_Recorded data_
···

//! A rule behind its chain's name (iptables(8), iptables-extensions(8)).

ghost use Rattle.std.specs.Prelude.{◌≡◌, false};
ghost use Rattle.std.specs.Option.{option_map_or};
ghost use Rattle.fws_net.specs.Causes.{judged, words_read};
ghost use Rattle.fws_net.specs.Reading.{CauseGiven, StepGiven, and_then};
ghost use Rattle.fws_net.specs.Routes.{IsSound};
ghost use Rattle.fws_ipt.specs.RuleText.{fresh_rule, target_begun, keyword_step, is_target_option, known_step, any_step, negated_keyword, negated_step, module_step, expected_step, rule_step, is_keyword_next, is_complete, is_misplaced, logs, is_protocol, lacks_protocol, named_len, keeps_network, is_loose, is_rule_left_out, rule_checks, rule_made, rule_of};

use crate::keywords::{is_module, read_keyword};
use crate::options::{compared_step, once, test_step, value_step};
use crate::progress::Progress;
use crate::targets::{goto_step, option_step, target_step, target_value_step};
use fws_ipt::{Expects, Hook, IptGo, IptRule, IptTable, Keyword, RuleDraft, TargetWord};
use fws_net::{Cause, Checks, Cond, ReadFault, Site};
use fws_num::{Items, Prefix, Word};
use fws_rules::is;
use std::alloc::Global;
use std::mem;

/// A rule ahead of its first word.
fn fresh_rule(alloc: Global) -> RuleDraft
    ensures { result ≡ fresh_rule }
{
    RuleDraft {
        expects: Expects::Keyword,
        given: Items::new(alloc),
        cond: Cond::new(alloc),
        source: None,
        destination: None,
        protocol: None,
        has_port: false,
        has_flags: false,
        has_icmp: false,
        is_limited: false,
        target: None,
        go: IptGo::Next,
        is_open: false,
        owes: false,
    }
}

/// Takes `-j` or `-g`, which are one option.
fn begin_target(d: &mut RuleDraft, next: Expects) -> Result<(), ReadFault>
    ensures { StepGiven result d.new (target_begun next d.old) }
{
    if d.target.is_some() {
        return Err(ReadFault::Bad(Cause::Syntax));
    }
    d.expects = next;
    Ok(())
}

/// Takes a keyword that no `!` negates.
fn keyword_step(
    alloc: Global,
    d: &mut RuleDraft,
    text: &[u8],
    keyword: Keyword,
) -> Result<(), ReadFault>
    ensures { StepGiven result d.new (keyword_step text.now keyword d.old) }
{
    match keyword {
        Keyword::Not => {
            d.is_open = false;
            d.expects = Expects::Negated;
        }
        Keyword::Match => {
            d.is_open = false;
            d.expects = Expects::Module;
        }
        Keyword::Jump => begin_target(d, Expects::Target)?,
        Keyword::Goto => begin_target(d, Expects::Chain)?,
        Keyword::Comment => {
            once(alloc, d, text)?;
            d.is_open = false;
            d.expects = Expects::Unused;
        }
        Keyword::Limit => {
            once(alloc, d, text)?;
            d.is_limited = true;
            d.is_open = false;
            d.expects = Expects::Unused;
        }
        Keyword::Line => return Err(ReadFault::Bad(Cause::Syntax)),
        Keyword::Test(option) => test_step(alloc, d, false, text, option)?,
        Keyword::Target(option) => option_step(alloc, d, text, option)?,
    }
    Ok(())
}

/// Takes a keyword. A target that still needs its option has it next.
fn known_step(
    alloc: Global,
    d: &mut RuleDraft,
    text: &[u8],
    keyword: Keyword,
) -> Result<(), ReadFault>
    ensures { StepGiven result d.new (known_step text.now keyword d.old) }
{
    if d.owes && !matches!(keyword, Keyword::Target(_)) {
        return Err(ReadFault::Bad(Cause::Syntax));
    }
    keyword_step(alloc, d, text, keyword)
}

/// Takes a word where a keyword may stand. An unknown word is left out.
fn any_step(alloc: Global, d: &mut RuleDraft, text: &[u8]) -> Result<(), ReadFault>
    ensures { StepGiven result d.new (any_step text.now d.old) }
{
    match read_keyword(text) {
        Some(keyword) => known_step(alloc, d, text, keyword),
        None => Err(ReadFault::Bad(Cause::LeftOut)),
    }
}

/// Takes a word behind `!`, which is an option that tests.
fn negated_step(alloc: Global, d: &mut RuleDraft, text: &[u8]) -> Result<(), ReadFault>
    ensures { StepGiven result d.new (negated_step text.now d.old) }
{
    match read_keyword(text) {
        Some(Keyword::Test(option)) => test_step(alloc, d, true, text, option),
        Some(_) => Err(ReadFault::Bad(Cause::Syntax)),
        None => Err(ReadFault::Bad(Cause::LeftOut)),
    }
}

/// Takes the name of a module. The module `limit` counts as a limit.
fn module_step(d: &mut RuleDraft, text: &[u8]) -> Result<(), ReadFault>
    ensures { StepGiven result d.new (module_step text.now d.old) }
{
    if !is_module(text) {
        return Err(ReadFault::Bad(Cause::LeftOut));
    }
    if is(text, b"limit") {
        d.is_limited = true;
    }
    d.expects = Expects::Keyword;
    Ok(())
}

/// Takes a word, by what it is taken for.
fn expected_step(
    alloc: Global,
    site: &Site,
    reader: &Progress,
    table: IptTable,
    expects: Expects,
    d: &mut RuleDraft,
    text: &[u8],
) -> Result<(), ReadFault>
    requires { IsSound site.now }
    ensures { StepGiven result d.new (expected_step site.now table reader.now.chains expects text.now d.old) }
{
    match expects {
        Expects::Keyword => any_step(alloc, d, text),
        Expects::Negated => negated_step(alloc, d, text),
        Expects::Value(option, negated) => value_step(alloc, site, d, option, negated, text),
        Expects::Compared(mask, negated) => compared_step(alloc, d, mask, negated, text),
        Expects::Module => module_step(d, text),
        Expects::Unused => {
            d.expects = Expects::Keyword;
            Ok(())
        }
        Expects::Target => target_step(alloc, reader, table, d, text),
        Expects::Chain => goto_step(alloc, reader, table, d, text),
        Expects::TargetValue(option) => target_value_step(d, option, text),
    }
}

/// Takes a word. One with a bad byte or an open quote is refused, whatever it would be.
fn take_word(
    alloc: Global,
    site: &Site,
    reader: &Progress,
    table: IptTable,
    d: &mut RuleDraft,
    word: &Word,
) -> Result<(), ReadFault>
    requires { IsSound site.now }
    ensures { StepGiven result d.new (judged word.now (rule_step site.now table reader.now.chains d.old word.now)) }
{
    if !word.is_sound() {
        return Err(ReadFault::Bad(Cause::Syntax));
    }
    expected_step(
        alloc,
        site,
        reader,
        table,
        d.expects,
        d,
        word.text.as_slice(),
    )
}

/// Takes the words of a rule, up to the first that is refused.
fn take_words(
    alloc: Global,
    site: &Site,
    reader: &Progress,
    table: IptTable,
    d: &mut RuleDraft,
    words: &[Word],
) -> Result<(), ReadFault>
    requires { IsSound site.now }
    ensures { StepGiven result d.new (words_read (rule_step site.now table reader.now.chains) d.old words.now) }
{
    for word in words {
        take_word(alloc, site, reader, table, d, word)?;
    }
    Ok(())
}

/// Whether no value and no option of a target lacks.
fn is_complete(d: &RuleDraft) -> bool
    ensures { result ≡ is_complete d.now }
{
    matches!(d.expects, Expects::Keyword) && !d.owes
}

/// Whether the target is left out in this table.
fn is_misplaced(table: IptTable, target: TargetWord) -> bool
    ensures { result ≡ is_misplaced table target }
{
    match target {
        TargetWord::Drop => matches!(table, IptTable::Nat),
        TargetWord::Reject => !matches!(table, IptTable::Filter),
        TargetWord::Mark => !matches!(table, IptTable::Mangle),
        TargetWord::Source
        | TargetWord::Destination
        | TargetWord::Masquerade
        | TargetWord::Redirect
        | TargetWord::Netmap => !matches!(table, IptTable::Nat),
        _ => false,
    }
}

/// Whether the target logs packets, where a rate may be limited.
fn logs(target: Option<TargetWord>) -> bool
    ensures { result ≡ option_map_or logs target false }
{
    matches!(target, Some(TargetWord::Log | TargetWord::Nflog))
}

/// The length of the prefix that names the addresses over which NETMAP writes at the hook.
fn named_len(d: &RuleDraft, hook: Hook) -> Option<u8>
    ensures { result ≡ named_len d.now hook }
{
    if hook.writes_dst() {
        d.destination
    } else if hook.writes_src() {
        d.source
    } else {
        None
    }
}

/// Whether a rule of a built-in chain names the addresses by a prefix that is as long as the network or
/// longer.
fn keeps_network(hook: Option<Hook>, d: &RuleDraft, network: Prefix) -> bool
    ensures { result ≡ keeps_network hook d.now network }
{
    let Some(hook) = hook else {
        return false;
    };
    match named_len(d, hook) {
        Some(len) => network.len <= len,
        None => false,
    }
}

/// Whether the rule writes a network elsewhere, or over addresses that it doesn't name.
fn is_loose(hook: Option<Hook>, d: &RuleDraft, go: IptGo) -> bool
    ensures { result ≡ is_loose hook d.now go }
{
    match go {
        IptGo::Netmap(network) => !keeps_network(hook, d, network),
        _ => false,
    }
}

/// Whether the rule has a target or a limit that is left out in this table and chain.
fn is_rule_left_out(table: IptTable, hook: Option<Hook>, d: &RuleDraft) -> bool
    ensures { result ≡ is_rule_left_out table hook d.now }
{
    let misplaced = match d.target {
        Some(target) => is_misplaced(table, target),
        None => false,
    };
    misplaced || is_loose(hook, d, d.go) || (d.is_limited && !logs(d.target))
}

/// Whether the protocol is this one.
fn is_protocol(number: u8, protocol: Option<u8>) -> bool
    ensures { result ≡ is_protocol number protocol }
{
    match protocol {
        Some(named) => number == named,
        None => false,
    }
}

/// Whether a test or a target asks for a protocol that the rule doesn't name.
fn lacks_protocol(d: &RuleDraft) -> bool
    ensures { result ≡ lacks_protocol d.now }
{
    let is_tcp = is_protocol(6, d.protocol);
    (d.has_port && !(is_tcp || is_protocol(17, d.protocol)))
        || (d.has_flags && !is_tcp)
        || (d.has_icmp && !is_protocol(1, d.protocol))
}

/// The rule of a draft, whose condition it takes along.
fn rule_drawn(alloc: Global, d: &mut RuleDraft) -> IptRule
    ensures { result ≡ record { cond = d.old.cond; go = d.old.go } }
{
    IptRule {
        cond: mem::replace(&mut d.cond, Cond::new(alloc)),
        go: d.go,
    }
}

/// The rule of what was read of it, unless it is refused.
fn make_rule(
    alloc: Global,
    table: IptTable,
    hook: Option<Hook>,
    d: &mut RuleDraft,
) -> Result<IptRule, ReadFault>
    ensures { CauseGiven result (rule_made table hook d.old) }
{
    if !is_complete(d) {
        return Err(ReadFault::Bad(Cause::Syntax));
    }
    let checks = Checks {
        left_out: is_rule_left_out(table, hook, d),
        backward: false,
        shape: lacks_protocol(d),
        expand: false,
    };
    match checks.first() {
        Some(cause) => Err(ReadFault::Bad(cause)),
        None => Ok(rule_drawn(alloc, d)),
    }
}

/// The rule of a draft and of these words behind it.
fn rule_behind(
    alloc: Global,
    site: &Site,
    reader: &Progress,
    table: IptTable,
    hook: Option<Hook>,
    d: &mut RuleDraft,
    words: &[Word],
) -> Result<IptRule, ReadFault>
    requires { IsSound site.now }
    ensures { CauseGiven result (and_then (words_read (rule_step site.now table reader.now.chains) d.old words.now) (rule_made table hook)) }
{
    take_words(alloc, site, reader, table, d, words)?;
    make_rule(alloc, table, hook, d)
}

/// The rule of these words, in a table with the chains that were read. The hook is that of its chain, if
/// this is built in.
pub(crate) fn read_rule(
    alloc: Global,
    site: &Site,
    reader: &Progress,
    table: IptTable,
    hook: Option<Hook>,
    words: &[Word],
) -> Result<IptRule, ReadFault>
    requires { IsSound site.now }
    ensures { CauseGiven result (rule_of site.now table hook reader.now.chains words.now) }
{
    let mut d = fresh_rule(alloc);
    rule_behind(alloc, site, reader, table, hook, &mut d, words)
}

···

_Task instructions_
Scan the material above for "which". Copy every line where it appears.

_Exercise output_
/// Takes `-j` or `-g`, which are one option.
/// Takes a word behind `!`, which is an option that tests.
/// The length of the prefix that names the addresses over which NETMAP writes at the hook.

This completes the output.